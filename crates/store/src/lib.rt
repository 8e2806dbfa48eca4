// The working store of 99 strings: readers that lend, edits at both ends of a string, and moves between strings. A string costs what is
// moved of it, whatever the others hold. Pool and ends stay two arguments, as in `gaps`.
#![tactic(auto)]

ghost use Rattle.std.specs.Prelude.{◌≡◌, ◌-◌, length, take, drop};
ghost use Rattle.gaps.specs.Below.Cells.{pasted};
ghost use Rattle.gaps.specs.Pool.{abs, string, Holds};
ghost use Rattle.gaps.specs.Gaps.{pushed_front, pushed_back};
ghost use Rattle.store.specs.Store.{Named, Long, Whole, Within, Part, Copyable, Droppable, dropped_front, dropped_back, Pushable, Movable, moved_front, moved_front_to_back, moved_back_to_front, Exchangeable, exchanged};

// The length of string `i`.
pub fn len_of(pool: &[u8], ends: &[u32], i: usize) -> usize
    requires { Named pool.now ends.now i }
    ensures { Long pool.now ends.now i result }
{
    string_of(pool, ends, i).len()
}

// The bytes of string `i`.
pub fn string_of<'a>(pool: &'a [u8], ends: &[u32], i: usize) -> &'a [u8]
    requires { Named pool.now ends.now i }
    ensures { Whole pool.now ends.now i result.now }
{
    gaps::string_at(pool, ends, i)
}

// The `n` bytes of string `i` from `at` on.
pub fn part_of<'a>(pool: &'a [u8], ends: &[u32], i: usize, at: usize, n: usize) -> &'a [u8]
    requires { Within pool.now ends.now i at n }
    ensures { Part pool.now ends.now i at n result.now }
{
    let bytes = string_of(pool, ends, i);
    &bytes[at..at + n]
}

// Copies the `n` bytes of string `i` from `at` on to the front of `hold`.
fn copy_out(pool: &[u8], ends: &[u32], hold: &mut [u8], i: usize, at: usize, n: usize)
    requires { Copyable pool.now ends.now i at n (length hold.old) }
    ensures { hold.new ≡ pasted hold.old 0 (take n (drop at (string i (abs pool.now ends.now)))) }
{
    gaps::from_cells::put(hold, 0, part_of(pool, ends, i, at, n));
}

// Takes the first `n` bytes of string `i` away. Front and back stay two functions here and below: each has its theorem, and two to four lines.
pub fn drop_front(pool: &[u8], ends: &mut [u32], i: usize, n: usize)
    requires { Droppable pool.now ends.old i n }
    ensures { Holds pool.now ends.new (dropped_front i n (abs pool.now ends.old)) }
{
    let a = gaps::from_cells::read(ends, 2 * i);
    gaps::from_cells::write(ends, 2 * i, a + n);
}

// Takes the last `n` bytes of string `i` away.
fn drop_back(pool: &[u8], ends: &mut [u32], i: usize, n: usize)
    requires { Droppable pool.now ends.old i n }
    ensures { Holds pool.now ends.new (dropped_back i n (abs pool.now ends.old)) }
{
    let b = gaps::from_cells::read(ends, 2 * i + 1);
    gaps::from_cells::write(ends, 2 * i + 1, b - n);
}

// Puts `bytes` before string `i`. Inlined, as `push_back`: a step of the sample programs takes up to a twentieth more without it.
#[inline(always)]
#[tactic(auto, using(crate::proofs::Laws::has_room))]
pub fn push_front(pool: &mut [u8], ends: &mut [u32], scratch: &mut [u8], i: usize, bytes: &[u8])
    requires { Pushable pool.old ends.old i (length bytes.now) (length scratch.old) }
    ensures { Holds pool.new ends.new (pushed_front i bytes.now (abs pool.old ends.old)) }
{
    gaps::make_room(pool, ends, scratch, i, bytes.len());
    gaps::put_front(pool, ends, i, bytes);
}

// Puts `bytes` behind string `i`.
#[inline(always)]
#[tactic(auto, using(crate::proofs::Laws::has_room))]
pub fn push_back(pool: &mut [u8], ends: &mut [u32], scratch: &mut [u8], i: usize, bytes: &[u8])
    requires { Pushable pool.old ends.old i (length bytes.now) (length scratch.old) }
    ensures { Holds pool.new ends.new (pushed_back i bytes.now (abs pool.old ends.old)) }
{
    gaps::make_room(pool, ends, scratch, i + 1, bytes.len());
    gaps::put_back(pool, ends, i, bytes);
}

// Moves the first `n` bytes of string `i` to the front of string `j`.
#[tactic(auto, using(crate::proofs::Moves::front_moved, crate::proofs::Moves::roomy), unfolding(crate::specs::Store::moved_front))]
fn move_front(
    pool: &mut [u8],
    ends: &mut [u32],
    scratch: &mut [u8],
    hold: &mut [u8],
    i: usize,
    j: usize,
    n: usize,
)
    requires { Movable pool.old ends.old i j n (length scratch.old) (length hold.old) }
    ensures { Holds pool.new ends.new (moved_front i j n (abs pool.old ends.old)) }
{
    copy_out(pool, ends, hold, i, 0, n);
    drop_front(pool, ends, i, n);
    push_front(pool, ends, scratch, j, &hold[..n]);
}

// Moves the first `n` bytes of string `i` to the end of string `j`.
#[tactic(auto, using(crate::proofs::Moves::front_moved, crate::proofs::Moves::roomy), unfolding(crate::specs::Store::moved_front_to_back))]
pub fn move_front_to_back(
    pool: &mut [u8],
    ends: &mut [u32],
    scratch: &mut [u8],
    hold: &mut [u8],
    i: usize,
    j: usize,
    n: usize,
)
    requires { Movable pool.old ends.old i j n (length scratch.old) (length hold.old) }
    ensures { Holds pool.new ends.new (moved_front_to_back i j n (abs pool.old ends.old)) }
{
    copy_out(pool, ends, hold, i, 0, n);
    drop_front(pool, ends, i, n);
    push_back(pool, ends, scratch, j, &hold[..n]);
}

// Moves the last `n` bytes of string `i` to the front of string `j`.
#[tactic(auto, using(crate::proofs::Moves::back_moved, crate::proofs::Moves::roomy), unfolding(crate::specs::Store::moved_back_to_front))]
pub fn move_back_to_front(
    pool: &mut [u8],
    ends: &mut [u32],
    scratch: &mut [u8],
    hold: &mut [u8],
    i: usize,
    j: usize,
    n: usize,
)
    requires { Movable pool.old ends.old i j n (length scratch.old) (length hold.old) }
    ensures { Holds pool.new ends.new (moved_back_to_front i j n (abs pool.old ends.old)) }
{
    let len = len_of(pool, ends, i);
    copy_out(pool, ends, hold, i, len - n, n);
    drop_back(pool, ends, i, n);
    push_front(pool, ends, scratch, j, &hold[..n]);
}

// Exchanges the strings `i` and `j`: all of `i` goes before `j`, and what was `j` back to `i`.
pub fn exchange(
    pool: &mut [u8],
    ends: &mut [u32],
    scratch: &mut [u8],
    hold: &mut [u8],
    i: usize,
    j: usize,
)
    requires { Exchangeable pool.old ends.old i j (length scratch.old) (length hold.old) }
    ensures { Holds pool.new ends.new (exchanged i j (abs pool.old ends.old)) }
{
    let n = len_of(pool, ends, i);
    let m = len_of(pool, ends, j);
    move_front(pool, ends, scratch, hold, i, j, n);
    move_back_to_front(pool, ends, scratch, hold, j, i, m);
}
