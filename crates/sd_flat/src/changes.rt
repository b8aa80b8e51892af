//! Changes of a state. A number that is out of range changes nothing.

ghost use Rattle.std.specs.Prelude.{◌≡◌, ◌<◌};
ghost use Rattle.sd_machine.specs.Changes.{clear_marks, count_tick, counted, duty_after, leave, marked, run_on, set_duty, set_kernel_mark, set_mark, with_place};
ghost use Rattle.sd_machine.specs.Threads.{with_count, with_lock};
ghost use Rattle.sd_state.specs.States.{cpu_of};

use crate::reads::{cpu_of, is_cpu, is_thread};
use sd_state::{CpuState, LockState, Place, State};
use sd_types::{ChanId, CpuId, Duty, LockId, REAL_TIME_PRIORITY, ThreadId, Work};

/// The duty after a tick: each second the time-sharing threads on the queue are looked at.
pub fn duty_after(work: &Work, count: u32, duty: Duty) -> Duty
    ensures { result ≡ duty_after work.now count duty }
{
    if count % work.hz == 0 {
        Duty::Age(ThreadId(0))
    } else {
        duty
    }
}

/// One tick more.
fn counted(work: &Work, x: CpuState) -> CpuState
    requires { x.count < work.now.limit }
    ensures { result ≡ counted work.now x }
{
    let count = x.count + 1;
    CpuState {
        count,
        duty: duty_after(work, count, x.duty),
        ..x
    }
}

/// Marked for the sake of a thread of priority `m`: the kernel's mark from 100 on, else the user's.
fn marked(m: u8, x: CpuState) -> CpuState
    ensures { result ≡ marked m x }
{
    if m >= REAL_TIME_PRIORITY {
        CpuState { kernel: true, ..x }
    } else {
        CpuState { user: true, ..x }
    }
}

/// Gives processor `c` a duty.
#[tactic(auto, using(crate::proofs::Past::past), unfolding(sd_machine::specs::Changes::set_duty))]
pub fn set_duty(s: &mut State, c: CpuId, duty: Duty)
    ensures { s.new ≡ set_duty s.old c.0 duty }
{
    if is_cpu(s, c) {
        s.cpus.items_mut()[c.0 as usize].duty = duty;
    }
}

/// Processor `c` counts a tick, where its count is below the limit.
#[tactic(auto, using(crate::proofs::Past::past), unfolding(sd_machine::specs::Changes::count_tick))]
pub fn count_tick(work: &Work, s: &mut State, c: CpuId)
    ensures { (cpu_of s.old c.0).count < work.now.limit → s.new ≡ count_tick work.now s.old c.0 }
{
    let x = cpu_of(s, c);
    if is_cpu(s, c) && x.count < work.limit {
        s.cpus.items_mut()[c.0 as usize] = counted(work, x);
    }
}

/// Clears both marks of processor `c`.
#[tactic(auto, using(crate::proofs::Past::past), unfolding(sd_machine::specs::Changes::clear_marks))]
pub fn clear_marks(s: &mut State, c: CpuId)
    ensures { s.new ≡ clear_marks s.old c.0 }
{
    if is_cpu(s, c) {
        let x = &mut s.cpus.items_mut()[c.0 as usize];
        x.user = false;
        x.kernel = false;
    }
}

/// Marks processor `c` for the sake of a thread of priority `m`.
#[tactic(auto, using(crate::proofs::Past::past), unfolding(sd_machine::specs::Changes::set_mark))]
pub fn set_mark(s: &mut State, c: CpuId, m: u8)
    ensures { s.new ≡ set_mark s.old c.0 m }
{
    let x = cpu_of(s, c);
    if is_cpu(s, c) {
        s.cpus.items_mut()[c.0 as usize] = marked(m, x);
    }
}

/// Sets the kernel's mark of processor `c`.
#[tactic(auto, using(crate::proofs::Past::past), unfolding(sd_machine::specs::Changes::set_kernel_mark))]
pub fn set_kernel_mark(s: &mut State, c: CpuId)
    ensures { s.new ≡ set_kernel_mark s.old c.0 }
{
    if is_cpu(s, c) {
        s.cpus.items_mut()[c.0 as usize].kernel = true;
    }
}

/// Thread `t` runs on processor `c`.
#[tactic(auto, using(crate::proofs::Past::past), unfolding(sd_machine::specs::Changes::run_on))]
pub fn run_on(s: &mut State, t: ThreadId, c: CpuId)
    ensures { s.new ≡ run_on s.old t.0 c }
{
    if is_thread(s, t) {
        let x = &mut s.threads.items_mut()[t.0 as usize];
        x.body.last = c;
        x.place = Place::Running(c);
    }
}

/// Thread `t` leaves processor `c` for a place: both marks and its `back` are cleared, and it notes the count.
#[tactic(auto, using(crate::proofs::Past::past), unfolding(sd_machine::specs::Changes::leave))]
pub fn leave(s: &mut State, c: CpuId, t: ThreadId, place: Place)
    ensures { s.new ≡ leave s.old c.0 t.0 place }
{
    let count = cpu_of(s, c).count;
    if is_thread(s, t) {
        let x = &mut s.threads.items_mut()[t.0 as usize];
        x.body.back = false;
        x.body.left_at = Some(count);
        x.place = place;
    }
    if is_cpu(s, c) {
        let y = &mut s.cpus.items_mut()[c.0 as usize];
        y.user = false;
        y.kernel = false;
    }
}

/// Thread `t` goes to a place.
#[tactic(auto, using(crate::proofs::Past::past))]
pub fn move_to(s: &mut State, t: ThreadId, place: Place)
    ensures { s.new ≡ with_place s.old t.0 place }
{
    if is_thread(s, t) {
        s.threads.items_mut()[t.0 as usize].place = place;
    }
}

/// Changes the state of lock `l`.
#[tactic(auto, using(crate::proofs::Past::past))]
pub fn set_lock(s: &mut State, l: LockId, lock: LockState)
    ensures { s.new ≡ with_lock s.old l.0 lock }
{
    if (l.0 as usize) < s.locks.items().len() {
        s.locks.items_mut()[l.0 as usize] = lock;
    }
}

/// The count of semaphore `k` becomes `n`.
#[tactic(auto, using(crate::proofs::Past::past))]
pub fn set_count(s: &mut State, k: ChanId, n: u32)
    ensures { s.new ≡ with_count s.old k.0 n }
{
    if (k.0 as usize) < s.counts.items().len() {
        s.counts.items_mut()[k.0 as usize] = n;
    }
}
----------------------------------------
Task objective:
Lines from the entries that contain the string "each" must be found and copied.

Expected answer:
// Takes the first `n` bytes of string `i` away. Front and back stay two functions here and below: each has its theorem, and two to four lines.
/// The duty after a tick: each second the time-sharing threads on the queue are looked at.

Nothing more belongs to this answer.